** How to complete this task **
Everything from the line with "tally counts.old (concat_map" to the end of the entries should be copied exactly, and nothing else.

** Records shown **
//! The registers with which a function begins.
ghost use Rattle.std.specs.Prelude.{◌≡◌, ◌≤◌, ◌-◌, map, IfOk, OnOk};
ghost use Rattle.py_typed.specs.Statements.{variable};
ghost use Rattle.ir_builder.specs.Registers.{variable_registers, variables_of, AddsFlags};

use ir_builder_expressions::register_type;
use ir_builder_frames::{Emitter, Vars};
use ir_core::RType;
use py_typed::Var;
use std::alloc::Global;
use value_core::{Many, Memory, Name};

/// A register for each variable, under its name.
pub fn registers_for(alloc: Global, variables: &[Var]) -> Result<Many<(Name, RType)>, Memory>
    ensures { IfOk result (λ made. made ≡ variable_registers (map variable variables.now)) }
{
    let mut registers = Many::new(alloc);
    for one in variables {
        let name = one.name.clone()?;
        registers.push((name, register_type(&one.ty)))?;
    }
    Ok(registers)
}

/// The numbers of the registers of a function of so many parameters and variables in all. With more registers than there are
/// numbers it is want of memory.
pub fn vars_of(params: usize, count: usize) -> Result<Vars, Memory>
    requires { params ≤ count }
    ensures { IfOk result (λ vars. vars ≡ variables_of params count) }
{
    match count.checked_add(count - params) {
        Some(top) => Ok(Vars { params, count, top }),
        None => Err(Memory),
    }
}

/// The flags of the variables that are no parameters. They are unset when the function begins.
pub fn add_flags(b: &mut Emitter, params: usize, count: usize) -> Result<(), Memory>
    requires { params ≤ count }
    ensures { OnOk result (AddsFlags (count - params) b.old b.new) }
{
    for variable in params..count {
        b.temporary(RType::Bool)?;
    }
    Ok(())
}
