//! The laws. Each function is its clause, and does nothing when it runs.
ghost use Rattle.ir_builder_shapes_laws.specs.Laws.{BuiltHasShape};

/// A program that is built has its shape.
pub fn built_has_shape()
    ensures { BuiltHasShape }
{}
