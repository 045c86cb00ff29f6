ghost use Rattle.std.specs.Prelude.{◌≡◌, ℕ, List, [], ◌++◌, ◌<◌, ◌≤◌, ◌↔◌, Bool, false, length, take, IsTrue, IfOk, OnErr};
ghost use Rattle.outside_core.specs.Counts.{count_end, count_after};

use crate::failed::Failed;

/// Where bytes come from.
pub trait Source {
    /// How many calls failed so far. The number stands still at 2^64 - 1.
    ghost faults: { Self → ℕ };

    /// Whether the source tells which bytes are left. It is a matter of the type.
    ghost tells: { Bool } = { false };

    /// The bytes left, where the source tells.
    ghost left: { Self → List ℕ } = { λ _. [] };

    /// Reads bytes to the front of `into`, and answers how many. Where `into` has room, 0 means the
    /// end. What stands behind them in `into` is not said. After `Failed` the same bytes are left.
    fn read(&mut self, into: &mut [u8]) -> Result<usize, Failed>
        ensures counted { faults self.new ≡ count_after result (faults self.old) }
        ensures bounded { faults self.new ≤ count_end }
        ensures within { IfOk result (λ n. n ≤ length into.new) }
        ensures given { IfOk result (λ n. IsTrue tells →
            left self.old ≡ take n into.new ++ left self.new) }
        ensures end { IfOk result (λ n. IsTrue tells →
            0 < length into.old → ((n ≡ 0) ↔ (left self.old ≡ []))) }
        ensures failed { OnErr result (left self.new ≡ left self.old) };
}
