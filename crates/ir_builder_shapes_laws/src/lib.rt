//! What programs look like that are built of typed modules.
//!
//! `specs/Built.antt` says what a builder leaves of each function; the law (`specs/Laws.antt`) says that such a program has its
//! shape, so that its C text is well formed. There is no code to run.
#![tactic(auto)]

mod laws;

pub use laws::built_has_shape;
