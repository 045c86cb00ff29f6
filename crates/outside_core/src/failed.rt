use thiserror::Error;

/// The outside refused a call. Its object counted one more fault, or stood at the end of its count.
#[derive(Clone, Copy, Debug, PartialEq, Eq, Error)]
#[error("the outside refused a call")]
pub struct Failed;

/// A sink refused a call while a whole text was written to it. What it took is a front of the text.
#[derive(Clone, Copy, Debug, PartialEq, Eq, Error)]
#[error("a sink refused a call")]
pub struct WriteFault;

impl From<Failed> for WriteFault {
    fn from(_refused: Failed) -> WriteFault {
        WriteFault
    }
}
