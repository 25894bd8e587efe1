// The form check.
#![tactic(auto)]

ghost use Rattle.std.specs.Prelude.{◌≡◌, true, not, List, [], ◌≤◌, ◌<◌, eqb, length, get_or, replicate};
ghost use Rattle.rules.specs.Base.{numbers, concat_map, first_fault};
ghost use Rattle.rules.specs.Codes.{check_code};
ghost use Rattle.rules.specs.Form.{node_count, read_form};
ghost use Rattle.rules.specs.Reported.{reported};
ghost use Rattle.rules.specs.Tree.{Tree};
ghost use Rattle.rules.specs.Accept.{length_good, trees_from, children_of, check_use, check_form};
ghost use Rattle.form_names.specs.Names.{fault_or};
ghost use Rattle.form_layout.specs.Layout.{node_of};
ghost use Rattle.form_kinds.specs.Known.{codes};
ghost use Rattle.form_check.specs.Uses.{greatest, added, tally, FieldsCounted, records_fault};

use form_kinds::AT_FAULT;
use form_layout::Kind;
use rules::{Refusal, RefusedAt};

// Puts the codes of all nodes into an empty table. The highest is asked for first, and works out those beneath it; every node is
// asked for, used or not, unless its code is known by then.
fn fill_all(b: &[u8], table: &mut [u8; 64])
    requires { (length_good b.now ≡ true) × (table.old ≡ replicate 64 0) }
    ensures { table.new ≡ codes (read_form b.now) 64 }
{
    for k in (0..form_layout::node_count(b)).rev() {
        if table[k] == 0 {
            form_kinds::fill(b, k, table);
        }
    }
}

// The greatest code. It looks at every one, so that the compiler can take many at a time.
fn greatest(codes: &[u8; 64]) -> u8
    requires { length codes.now ≡ 64 }
    ensures { result ≡ greatest codes.now }
{
    let mut most: u8 = 0;
    for c in codes {
        most = most.max(*c);
    }
    most
}

// The lowest node at fault.
fn check_nodes(b: &[u8]) -> Result<(), RefusedAt>
    requires { length_good b.now ≡ true }
    ensures { reported result ≡ check_code (trees_from (read_form b.now) [] (read_form b.now).nodes) }
{
    let n = form_layout::node_count(b);
    let mut codes = [0u8; 64];
    fill_all(b, &mut codes);
    if greatest(&codes) < AT_FAULT {
        return Ok(()); // none is at fault
    }
    match codes[..n].iter().position(|c| *c == AT_FAULT) {
        Some(fault) => Err(RefusedAt::at(Refusal::BadNode, fault)),
        None => Ok(()),
    }
}

// One more use of node k: 0, 1, or 2 for more.
fn add(counts: &mut [u8; 64], k: usize)
    requires { k < 64 }
    ensures { counts.new ≡ added counts.old k }
{
    if counts[k] < 2 {
        counts[k] += 1;
    }
}

// Counts the uses of the fields. No if a field is none of n nodes: the counts are then of no use.
fn count_fields(b: &[u8], n: usize, counts: &mut [u8; 64]) -> bool
    requires { (length_good b.now ≡ true) × (n ≤ 64) }
    ensures { FieldsCounted n (read_form b.now).fields counts.old counts.new result }
{
    let f = form_layout::field_count(b);
    for i in 0..f {
        let k = form_layout::field_at(b, i);
        if n <= k {
            return false;
        }
        add(counts, k);
    }
    true
}

#[tactic(auto, using(crate::proofs::Counting::added_outside, std::proofs::lemmas::Bool::Decides::nat_tests), unfolding(rules::specs::Accept::children_of, crate::specs::Uses::tally))]
fn add_children(x: form_layout::Node, counts: &mut [u8; 64])
    ensures { counts.new ≡ tally counts.old (children_of (node_of x)) }
{
    if x.kind.is_leaf() {
        return;
    }
    if x.p < 64 {
        add(counts, x.p);
    }
    if x.kind == Kind::Choice && x.q < 64 {
        add(counts, x.q);
    }
}

fn count_children(b: &[u8], counts: &mut [u8; 64])
    requires { length_good b.now ≡ true }
    ensures { counts.new ≡ tally counts.old (concat_map children_of (read_form b.now).nodes) }
{
    let n = form_layout::node_count(b);
    for k in 0..n {
        add_children(form_layout::node_at(b, k), counts);
    }
}

// Of the trees, only their number counts here.
fn check_uses(b: &[u8]) -> Result<(), RefusedAt>
    requires { length_good b.now ≡ true }
    ensures { (ts : List Tree) → length ts ≡ node_count b.now → reported result ≡ check_code (check_use (read_form b.now) ts) }
{
    let n = form_layout::node_count(b);
    let mut counts = [0u8; 64];
    if !count_fields(b, n, &mut counts) {
        return Err(RefusedAt::from(Refusal::BadUse));
    }
    count_children(b, &mut counts);
    match counts[..n].iter().position(|c| *c != 1) {
        Some(fault) => Err(RefusedAt::at(Refusal::BadUse, fault)),
        None => Ok(()),
    }
}

// The lowest name record at fault, or their count.
fn records_fault(b: &[u8]) -> usize
    requires { length_good b.now ≡ true }
    ensures { result ≡ records_fault (read_form b.now) }
{
    let names = form_layout::names_at(b);
    let area = form_layout::area_at(b);
    form_names::names_fault(&b[names..], &b[area..], form_layout::name_count(b))
}

// The form check: whether the form is accepted, or its first fault.
pub fn check(b: &[u8]) -> Result<(), RefusedAt>
    ensures { reported result ≡ check_code (check_form b.now) }
{
    if !form_layout::length_good(b) {
        return Err(RefusedAt::from(Refusal::BadCounts));
    }
    let fault = records_fault(b);
    if fault < form_layout::name_count(b) {
        return Err(RefusedAt::at(Refusal::BadName, fault));
    }
    check_nodes(b)?;
    check_uses(b)
}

** Reply to the exercise **
    ensures { counts.new ≡ tally counts.old (concat_map children_of (read_form b.now).nodes) }
{
    let n = form_layout::node_count(b);
    for k in 0..n {
        add_children(form_layout::node_at(b, k), counts);
    }
}

// Of the trees, only their number counts here.
fn check_uses(b: &[u8]) -> Result<(), RefusedAt>
    requires { length_good b.now ≡ true }
    ensures { (ts : List Tree) → length ts ≡ node_count b.now → reported result ≡ check_code (check_use (read_form b.now) ts) }
{
    let n = form_layout::node_count(b);
    let mut counts = [0u8; 64];
    if !count_fields(b, n, &mut counts) {
        return Err(RefusedAt::from(Refusal::BadUse));
    }
    count_children(b, &mut counts);
    match counts[..n].iter().position(|c| *c != 1) {
        Some(fault) => Err(RefusedAt::at(Refusal::BadUse, fault)),
        None => Ok(()),
    }
}

// The lowest name record at fault, or their count.
fn records_fault(b: &[u8]) -> usize
    requires { length_good b.now ≡ true }
    ensures { result ≡ records_fault (read_form b.now) }
{
    let names = form_layout::names_at(b);
    let area = form_layout::area_at(b);
    form_names::names_fault(&b[names..], &b[area..], form_layout::name_count(b))
}

// The form check: whether the form is accepted, or its first fault.
pub fn check(b: &[u8]) -> Result<(), RefusedAt>
    ensures { reported result ≡ check_code (check_form b.now) }
{
    if !form_layout::length_good(b) {
        return Err(RefusedAt::from(Refusal::BadCounts));
    }
    let fault = records_fault(b);
    if fault < form_layout::name_count(b) {
        return Err(RefusedAt::at(Refusal::BadName, fault));
    }
    check_nodes(b)?;
    check_uses(b)
}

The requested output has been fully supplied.